17 Kommentare zu “Duisburg – Moers – Repelen – Kamp-Lintfort

    1. Ich hatte ja geschrieben: „Statt entlang des Abschnitts 2 könnte die Linie aber auch entsprechend des hier vorgeschlagenen Weges nach Neukirchen-Vluyn geführt werden.“

      Oder meintest du eine Verlängerung über Repelen hinaus? Da wäre dann ja eher Kamp-Lintfort interessant.

    1. Die Uni ist bereits über die Hst. Zoo/Uni angeschlossen. Eine Führung dieser Linie über die Lotharstraße würde zudem die Strecke verlängern und den Stadtteil Neudorf nicht mehr zentral, sondern eher peripher anschließen. Daher lasse ich meinen Vorschlag lieber so, wie er ist.

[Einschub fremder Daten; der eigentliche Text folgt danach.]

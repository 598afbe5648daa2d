// The world: its nodes, its frames and its labels.
ghost use Rattle.std.specs.Prelude.{◌≡◌, ◌≤◌, [], length, true, OnOk, IfOk, Some, slice_get};
ghost use Rattle.arj_core.specs.Steps.{input_of};
ghost use Rattle.arj_protocol.specs.World.{steps};
ghost use Rattle.arj_world.specs.Disks.{HaveMoved};
ghost use Rattle.arj_world.specs.Goes.{GoesTo, StepsTo, is_no_restart};
ghost use Rattle.arj_world.specs.Stands.{StandsSome, hand};
ghost use Rattle.arj_world.specs.Tells.{TellsStops, crashed_at};

use crate::Labelled;
use crate::wire::Wire;
use arj_core::{Core, CoreFault, Input, Outputs};
use arj_disk::{Disk, Rack};
use arj_journal::{Body, Header, Label, Lines};
use std::alloc::{AllocError, Global};
use std::collections::{BTreeMap, BTreeSet};
use std::marker::Model;

/// All nodes of a run, 1 to 16, with the frames between them and the labels that were given, in the run or before it. The disks
/// stand apart, in a rack.
#[derive(Drop)]
pub struct World<C> {
    pub(crate) alloc: Global,
    pub(crate) header: Header,
    // the first is node 1
    pub(crate) cores: Vec<C>,
    pub(crate) wire: Wire,
    pub(crate) labels: BTreeMap<Label, Labelled>,
    // those that were given before the run began
    pub(crate) given: BTreeSet<Label>,
}

impl<C> Model for World<C> {
    ghost use Rattle.std.specs.Prelude.{◌≡◌, ◌≤◌, length};
    ghost use Rattle.arj_world.specs.Stands.{Kept};
    ghost use Rattle.arj_world.specs.Wire.{AreFew};

    ghost Value = { Kept C };

    ghost view = { λ w. record { header = w.header; cores = w.cores.items; net = w.wire.net; labels = w.labels.entries; given = w.given.keys; event = w.wire.event; full = w.wire.full } };

    ghost invariant = { λ w. (1 ≤ w.header.nodes) × (w.header.nodes ≤ 16) × (length w.cores.items ≡ w.header.nodes) × AreFew w.wire.net };
}

impl<C: Core> World<C> {
    /// One step of a node. Its lines and frames are put; where its disk stopped, a line says that it halted.
    pub(crate) fn step_core<D: Disk>(
        &mut self,
        rack: &mut Rack<D>,
        node: u8,
        input: Input,
        journal: &mut Lines,
    ) -> Result<(), AllocError>
        requires least { 1 ≤ node }
        requires greatest { node ≤ self.old.header.nodes }
        requires stands { StandsSome C.Core D.file (hand self.old rack.old journal.old) }
        ensures steps { OnOk result (StepsTo C.Core D.file node (input_of input) (hand self.old rack.old journal.old) (hand self.new rack.new journal.new)) }
        ensures header { self.new.header ≡ self.old.header }
        ensures disks { HaveMoved D.Disk self.old.header.nodes [] rack.old rack.new }
        ensures tells { OnOk result (TellsStops D.Disk self.old.header.nodes (crashed_at node (input_of input)) rack.old rack.new journal.old journal.new) }
    {
        let mut outputs = Outputs::new(self.alloc);
        let core = &mut self.cores[usize::from(node - 1)];
        match core.step(rack.disk(node), input, &mut outputs) {
            Ok(()) => self.wire.put(node, outputs, journal),
            Err(CoreFault::Halted) => {
                self.wire.put(node, outputs, journal)?;
                self.wire.say(Body::Halted { node }, journal)
            }
            Err(CoreFault::Memory) => Err(AllocError),
        }
    }

    /// The node of a number takes an input, but no restart. Where there is no such node, nothing happens.
    #[tactic(auto, using(crate::proofs::Disks::moved_none, crate::proofs::Tells::tells_none))]
    pub(crate) fn ask_node<D: Disk>(
        &mut self,
        rack: &mut Rack<D>,
        node: u32,
        input: Input,
        journal: &mut Lines,
    ) -> Result<(), AllocError>
        requires other { is_no_restart (input_of input) ≡ true }
        requires stands { StandsSome C.Core D.file (hand self.old rack.old journal.old) }
        ensures goes { OnOk result (GoesTo C.Core D.file (steps node (input_of input)) (hand self.old rack.old journal.old) (hand self.new rack.new journal.new)) }
        ensures header { self.new.header ≡ self.old.header }
        ensures disks { HaveMoved D.Disk self.old.header.nodes [] rack.old rack.new }
        ensures tells { OnOk result (TellsStops D.Disk self.old.header.nodes (crashed_at node (input_of input)) rack.old rack.new journal.old journal.new) }
    {
        match self.node_in(node) {
            Some(n) => self.step_core(rack, n, input, journal),
            None => Ok(()),
        }
    }
}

  1. Dank der Hochschule Rhein-Waal (die in deinem Vorschlag auch sehr gut angebunden ist) denke ich schon, dass die Verbindung nach Kamp-Lintfort absolut sinnvoll ist. Schon jetzt ist der Bus 911 in seiner Kapazität am Maximum angelangt, und auch der SB30 ist regelmäßig bis zu den Türen gefüllt, und eine solche Linie würde auch großartige Wachstumseffekte für die Stadt Kamp-Lintfort mitbringen. Schließlich wäre der Hochschulcampus dann endlich mit dem ÖPNV erreichbar, was einfach für eine Universität unabdingbar ist, wenn man konkurrenzfähig sein will.

    Insbesondere wenn diese Strecke bis Moers verlängert würde oder man zusätzlich noch eine Linie bis Neukirchen-Vluyn baut, würde am königlichen Hof ein wunderbar vernetzter Straßenbahn-Umsteigepunkt entstehen, der sogar den Bau eines Tunnels rechtfertigen würde. Da für solche Linien der Betriebshof Grunewald sehr weit weg liegen würde und ohnehin ausgelastet ist, würde ich außerdem vorschlagen, einen Betriebshof Duisburg-Ruhrort wie hier vorgeschlagen zu bauen, da sich dort genug freies Gelände findet.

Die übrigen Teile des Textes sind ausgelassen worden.